EVANSVILLE, IN (WFIE) -
Law enforcement officials say more than 6,000 Americans become addicted to prescription pain medications everyday, and Evansville is joining a nationwide effort to keep those drugs out of the wrong hands.
Those officials 14 News spoke with on Wednesday tell us that prescription drug abuse is the number one drug challenge to law enforcement. Greater than cocaine, heroine and methanphetamine.
The plan to combat the problem is to properly dispose of expired, unused and unwanted drugs before they reach the streets.
"More Americans died of prescription drug overdoses than were killed on our nation's highways," said US Attorney Joseph Hogsett.
Hogsett is urging the nation to fight back against prescription drug abuse, a problem that affected more than $2.4 million new users last year alone. The street value of drugs such as hydocodone, oxycotin and vicodin has sky-rocketed.
"We have seen an exponential increase here in Indiana and throughout the country in the number of armed robberies that now take place not at banks, not at financial institutions, but at pharmacies," Hogsett said.
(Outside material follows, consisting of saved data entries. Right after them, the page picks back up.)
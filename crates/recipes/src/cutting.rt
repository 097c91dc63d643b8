// Texts cut into their parts, and parts at a length.
ghost use Rattle.std.specs.Prelude.{◌≡◌, ◌≤◌, length, take, MatchOption};
ghost use Rattle.recipes.specs.Cutting.{before_bar, behind_bar, first_word};

// A line of the soundings: four texts with bars between them. What is printed in front of the answer; numbers; the recipe of the heap; the question.
#[derive(Clone, Copy)]
pub struct Line<'a> {
    pub heading: &'a str,
    pub numbers: &'a str,
    pub recipe: &'a str,
    pub question: &'a str,
}

// The line that a text is, if it has its bars.
pub fn line_of(text: &str) -> Option<Line<'_>>
    ensures { let behind_first = behind_bar text.now in
        let behind_second = behind_bar behind_first in
        MatchOption result
        (before_bar behind_second ≡ behind_second)
        (λ l. (l.heading.now ≡ before_bar text.now)
        × (l.numbers.now ≡ before_bar behind_first)
        × (l.recipe.now ≡ before_bar behind_second)
        × (l.question.now ≡ behind_bar behind_second)) }
{
    let (heading, rest) = text.split_once('|')?;
    let (numbers, rest) = rest.split_once('|')?;
    let (recipe, question) = rest.split_once('|')?;
    Some(Line {
        heading,
        numbers,
        recipe,
        question,
    })
}

// The name that a text begins with.
pub fn name_of(text: &str) -> &str
    ensures { result.now ≡ first_word text.now }
{
    text.split_once(' ').map_or(text, |(name, _)| name)
}

// The numbers behind the name, as far as the row reaches; what is no number is 0.
pub fn numbers_of<'r>(text: &str, row: &'r mut [u32; 16]) -> &'r [u32]
    ensures { length result.now ≤ 16 }
{
    for (place, word) in row.iter_mut().zip(text.split(' ').skip(1)) {
        *place = word.parse().unwrap_or(0);
    }
    let k = text.split(' ').skip(1).count();
    &row[..k.min(16)]
}

// The first words of a part, as much of it as there is.
pub fn first_words(part: &mut [u32], k: u32) -> &mut [u32]
    ensures { result.now ≡ take k part.old }
{
    let n = part.len().min(k as usize);
    &mut part[..n]
}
The DEA says that prescription drugs fall into the wrong hands during home invasions. Robbers are no longer just looking for jewelry and cash, but know there's a profit to be made by going straight for the medicine cabinet.
Disposing of the drugs also keeps them from reaching teenagers that are increasingly vulnerable to becoming addicts at a young age.
"That the kids believe these drugs are safer because they're made from the big pharmaceutical companies, and when you talk to the kids and do the surveys at the school, the kids are getting the drugs from their parents' medicine cabinets," said Dennis Wichern with the DEA.
The last Take Back Day in April collected more than eight tons of unwanted prescription drugs.
Officials are expecting to collect nearly 1,000 pounds in southern Indiana this weekend.
You can take your prescription drugs to the Evansville National Guard Armory, the Indiana State Police Post on Highway 41 and the Rockport Volunteer Fire Department on Saturday between 10 a.m. and 2 p.m.